Due to late arrivals of ammunition, the operation was delayed to January 25 in 1954. It was then delayed by one more day to keep secret details of the attack. The French had arrested a
Vietnamese soldier and could have found out about the plan.
However, Giap was still unsure about victory due to several problems, including the strengthening of the French troops and ammunition, and poor coordination among Vietnamese units due to lack of practice and lack of fighting experience in daytime on bare land.
On January 23, Le Trong Nghia, former head of the Vietnamese Army Intelligence, reported to Giap that the French knew well about the attack plan.
Giap ordered Nghia not to report the issue to anyone, especially the [Chinese] advisors who often asked him about the situation.
In the early morning of January 26, the planned date of attack, Giap met Guoqing and discussed the situation. "Attacking means failure," he told Guoqing who later agreed with him that the operation should be delayed.
A meeting was held soon later and Giap announced the change to the solid attack-certain victory tactic and delayed the previously planned attack. Soldiers and ammunition were taken away from the frontline.
"I made the most difficult decision in my life on that day," the then-43-year-old general said.
On March 13 in 1954, more than a month and a half later, the Viet Minh attacked the Dien Bien Phu base of the French Union and claimed victory on May 7 after 55 days of separate attacks due to limited army ordnance supplies.
More than 260,000 people were mobilized to transport ammunition, food and medicines to the frontline and lay several dozen kilometers of roads to the place.
More than 16,000 soldiers of the French Union were detained and the victory led to the Geneva Accords to restore peace in Indochina on July 21 in 1954.
About Giap's decision, colonel Phuong said: "Many years later, people knew that Wei Guoqing had also thought that it was no good to have a swift attack. On January 24, he asked for opinions from Chinese Central Military Commission and President Mao [Zedong] but he only received responses on January 27 [after Giap decided to delay the operation]."

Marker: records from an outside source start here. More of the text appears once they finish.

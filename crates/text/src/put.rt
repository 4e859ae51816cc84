// Text in a lent buffer: lines of a label and a number.
ghost use Rattle.std.specs.Prelude.{◌≡◌, ◌+◌, ◌≤◌, length, nat_abs};
ghost use Rattle.text.specs.Text.{line_of};
ghost use Rattle.tagged.specs.Store.{Puts};

use itoa::{Buffer, Integer};
use tagged::bytes::put_bytes;

// A label, a number and a line feed from a place on; answers the place behind them.
#[tactic(auto, using(crate::proofs::TextLaws::line_length))]
pub(crate) fn put_line<N: Integer>(out: &mut [u8], at: usize, label: &[u8], n: N) -> usize
    requires { at + length (line_of label.now (N.text n)) ≤ length out.old }
    ensures { Puts (line_of label.now (N.text n)) out.old at out.new result }
{
    let mut digits = Buffer::new();
    let number = put_bytes(out, at, label);
    let end = put_bytes(out, number, digits.format(n).as_bytes());
    put_bytes(out, end, b"\n")
}

// How far a number is from 0.
pub fn size(z: i64) -> u64
    ensures { result ≡ nat_abs z }
{
    z.unsigned_abs()
}
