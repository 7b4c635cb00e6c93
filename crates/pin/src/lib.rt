// Every enclosed point is accounted for: pins, their rays and their tiles; and a region that lies round a box reaches beyond it. There is no code here.
#![tactic(auto)]
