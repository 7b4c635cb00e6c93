// One ring, a stretch of a list of coordinates: its vertices and edges, its box, and whether it encloses a box's centre. Rules 5 to 7 are
// asked in `simple`, its tiles and pieces in `seen`.
#![tactic(auto)]

ghost use Rattle.std.specs.Prelude.{◌≡◌, ◌+◌, ◌≤◌, ◌<◌};
ghost use Rattle.plane.specs.Place.{place_of};
ghost use Rattle.plane.specs.Points.{vertex};
ghost use Rattle.plane.specs.Placed.{EdgeInPlaces, BoxInPlaces};
ghost use Rattle.ring.specs.Edges.{next_of, corner, ring_edge};
ghost use Rattle.ring.specs.Stretch.{Readable, Stretch};
ghost use Rattle.ring.specs.RingBox.{stretch_box};
ghost use Rattle.ring.specs.Repeated.{equal_ends};
ghost use Rattle.ring.specs.Enclosed.{crosses_at, encloses};

use meet::{leftward, rightward};
use plane::{Box, Edge, place_at, place_of};

// The coordinates of vertex i of a list.
pub fn x_of(xs: &[i32], i: usize) -> i32
    requires { Readable xs.now i }
    ensures { result ≡ (vertex xs.now i).x }
{
    xs[2 * i]
}

pub fn y_of(xs: &[i32], i: usize) -> i32
    requires { Readable xs.now i }
    ensures { result ≡ (vertex xs.now i).y }
{
    xs[2 * i + 1]
}

// The vertex after vertex k of a ring of n from vertex `from` on: the last joins the first.
#[tactic(auto, unfolding(ring::specs::Edges::next_of))]
pub fn next_of(from: usize, n: usize, k: usize) -> usize
    requires { (k < n) × (from + n ≤ 2048) }
    ensures { result ≡ next_of from n k }
{
    if k + 1 == n {
        return from;
    }
    from + k + 1
}

// The ring of `size` vertices from vertex `from` on in an outline's coordinates, which a pass may read: they stand there, in range.
#[derive(Clone, Copy)]
pub struct Ring<'a> {
    pub outline: &'a [i32],
    pub from: usize,
    pub size: usize,
    pub ghost stretch: { Stretch outline.now from size },
}

impl<'a> Ring<'a> {
    // The coordinates of its vertex k.
    pub fn x_of(&self, k: usize) -> i32
        requires { k < self.now.size }
        ensures { result ≡ (corner self.now.outline.now self.now.from k).x }
    {
        x_of(self.outline, self.from + k)
    }

    pub fn y_of(&self, k: usize) -> i32
        requires { k < self.now.size }
        ensures { result ≡ (corner self.now.outline.now self.now.from k).y }
    {
        y_of(self.outline, self.from + k)
    }

    // Which vertex of the outline comes after its vertex k.
    pub fn next_of(&self, k: usize) -> usize
        requires { k < self.now.size }
        ensures { result ≡ next_of self.now.from self.now.size k }
    {
        next_of(self.from, self.size, k)
    }

    #[tactic(auto, using(ring::proofs::Stretch::corner_readable), unfolding(ring::specs::Edges::ring_edge))]
    pub fn edge(&self, k: usize) -> Edge
        requires { k < self.now.size }
        ensures { result ≡ ring_edge self.now.outline.now self.now.from self.now.size k }
    {
        let next = self.next_of(k);
        let ax = self.x_at(self.from + k);
        let ay = self.y_at(self.from + k);
        let bx = self.x_at(next);
        let by = self.y_at(next);
        Edge { ax, ay, bx, by }
    }

    // The places of vertex i of the outline, one of the ring's.
    fn x_at(&self, i: usize) -> u64
        requires { Readable self.now.outline.now i }
        ensures { result ≡ place_of (vertex self.now.outline.now i).x }
    {
        place_at(self.outline, 2 * i)
    }

    fn y_at(&self, i: usize) -> u64
        requires { Readable self.now.outline.now i }
        ensures { result ≡ place_of (vertex self.now.outline.now i).y }
    {
        place_at(self.outline, 2 * i + 1)
    }

    // The box round it. The coordinates are compared as they stand, so that the compiler compares four at a time; only the four lines are
    // made places.
    pub fn own_box(&self) -> Box
        requires { 0 < self.now.size }
        ensures { result ≡ stretch_box self.now.outline.now self.now.from self.now.size }
    {
        let mut west = self.x_of(0);
        let mut south = self.y_of(0);
        let mut east = west;
        let mut north = south;
        for k in 1..self.size {
            let x = self.x_of(k);
            let y = self.y_of(k);
            west = west.min(x);
            south = south.min(y);
            east = east.max(x);
            north = north.max(y);
        }
        Box {
            west: place_of(west),
            south: place_of(south),
            east: place_of(east),
            north: place_of(north),
        }
    }

    // Does it enclose the box's centre?
    pub fn encloses(&self, b: Box) -> bool
        requires { BoxInPlaces b }
        ensures { result ≡ encloses b self.now.outline.now self.now.from self.now.size }
    {
        let mut crossing: u64 = 0;
        for k in 0..self.size {
            if crosses_ray(b, self.edge(k)) {
                crossing += 1;
            }
        }
        crossing % 2 == 1
    }
}

// Are the edge's ends one point?
#[tactic(auto, unfolding(ring::specs::Repeated::equal_ends))]
pub fn equal_ends(g: Edge) -> bool
    ensures { result ≡ equal_ends g }
{
    g.ax == g.bx && g.ay == g.by
}

// Does the edge cross the ray strictly east of the box's centre? Everything is doubled with the centre; the products are asked only
// of an edge whose ends lie on both sides of the ray's height.
#[tactic(auto, unfolding(ring::specs::Enclosed::crosses_at, ring::specs::Enclosed::eastward))]
fn crosses_ray(b: Box, g: Edge) -> bool
    requires { BoxInPlaces b × EdgeInPlaces g }
    ensures { result ≡ crosses_at 2 (b.west + b.east) (b.south + b.north) g }
{
    let px = b.west + b.east;
    let py = b.south + b.north;
    let doubled = Edge {
        ax: 2 * g.ax,
        ay: 2 * g.ay,
        bx: 2 * g.bx,
        by: 2 * g.by,
    };
    if doubled.ay <= py {
        if doubled.by <= py {
            return false;
        }
        return rightward(doubled, px, py) < leftward(doubled, px, py);
    }
    if py < doubled.by {
        return false;
    }
    leftward(doubled, px, py) < rightward(doubled, px, py)
}
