//! Texts of a run: its report, and the trace of its events, which can be written, read and replayed.
//!
//! A trace is the line `swt-trace 2`, a line for each event, and a last line for the end of the run. The line of an
//! event is `B`, `E` or `K`, the worker from 0 to 63, and the item from 1 on. The letters stand for an item that was
//! begun, ended or given back. Numbers are decimal, parts are separated by single spaces, and each line ends with
//! byte 10.
//!
//! The last line is `Q` (quiet), `F` (a fault) or `L` (the limit). A trace of version 1 begins with `swt-trace 1` and
//! has no such line.
#![tactic(auto)]

ghost use Rattle.std.specs.Prelude.{◌≡◌, ℕ, ◌≤◌, List, Option, length, All};
ghost use Rattle.task_code.specs.declared.event.Event.{Event};
ghost use Rattle.task_code.specs.Code.{Code};
ghost use Rattle.task_code.specs.Whole.{IsCode};
ghost use Rattle.board_runs.specs.declared.report.Report.{Report};
ghost use Rattle.swt_trace.specs.declared.ending.Ending.{Ending};
ghost use Rattle.swt_trace.specs.Replay.{IsFirstNoStep, IsWrongEnd, ReplaysTo};
ghost use Rattle.swt_trace.specs.Trace.{IsTrace, TraceText, IsInRange, IsFirstBad, max_events};

pub mod ending;
pub mod fault;
mod number;
pub mod read;
pub mod replay;
pub mod report;
pub mod write;

/// States that the grammar of traces and their text agree.
///
/// A text is a trace of at most one list of events, and it names at most one end. `TraceText` of at most
/// `max_events` events in range is a trace of them, and the only one. A text with a bad line is not a trace.
pub fn traces_are_exact()
    ensures one_meaning { (bytes : List ℕ) (es fs : List Event) (d e : Option Ending) → IsTrace bytes es d → IsTrace bytes fs e → (es ≡ fs) × (d ≡ e) }
    ensures one_text { (bytes : List ℕ) (es : List Event) (e : Option Ending) → IsTrace bytes es e → bytes ≡ TraceText es e }
    ensures written { (es : List Event) (e : Option Ending) → All IsInRange es → length es ≤ max_events → IsTrace (TraceText es e) es e }
    ensures bad { (bytes : List ℕ) (n : ℕ) (es : List Event) (e : Option Ending) → IsFirstBad bytes n → IsTrace bytes es e → ⊥ }
    ensures first_bad { (bytes : List ℕ) (m n : ℕ) → IsFirstBad bytes m → IsFirstBad bytes n → m ≡ n }
{}

/// States that a code and the bytes of a trace allow at most one result of a replay.
///
/// The results are a report, a first event that is not a step, and an end that differs from the named one. A bad line
/// excludes all of them, by `traces_are_exact`.
pub fn replays_are_exact()
    ensures no_step { (C : Code) (bytes : List ℕ) (n : ℕ) (r : Report) → IsCode C → IsFirstNoStep C bytes n → ReplaysTo C bytes r → ⊥ }
    ensures other_end { (C : Code) (bytes : List ℕ) (n : ℕ) (r : Report) → IsCode C → IsWrongEnd C bytes n → ReplaysTo C bytes r → ⊥ }
    ensures steps_first { (C : Code) (bytes : List ℕ) (m n : ℕ) → IsCode C → IsFirstNoStep C bytes m → IsWrongEnd C bytes n → ⊥ }
{}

- 12 battalions and 7 companies (4 battalions and 2 companies
were added during the battle)
- 28 105mm howitzers
- 4 155mm howitzers
- 20 120mm mortars
- 1 sapper battalion
- 10 tanks
- 200 trucks
- 1 air squadron with 7 fighter aircrafts, 6 scouting aircrafts and one helicopter
- 100 Dakota C47 aircrafts, 16 Packet C119 aircrafts, 168 bomber aircrafts, 112 fighter aircrafts
VIETNAM PEOPLE'S ARMY
- 4 brigades
- 1 regiment with 24 105mm howitzers
- 1 regiment with 24 75mm mountain guns
- 4 companies with 16 120mm mortars
- 1 battalion with 6 H6 rocket launchers
- 1 battalion with 54 DKZ and 82mm mortars
- 1 regiment with 36 antiaircraft 37mm guns
- 132 antiaircraft 12.7mm machine guns
- 628 trucks, 21,000 bicycles and 20,000 other means of transport
By Nguyen Manh Ha*
* Colonel Nguyen Manh Ha is the vice director of the Military History Institute of Vietnam.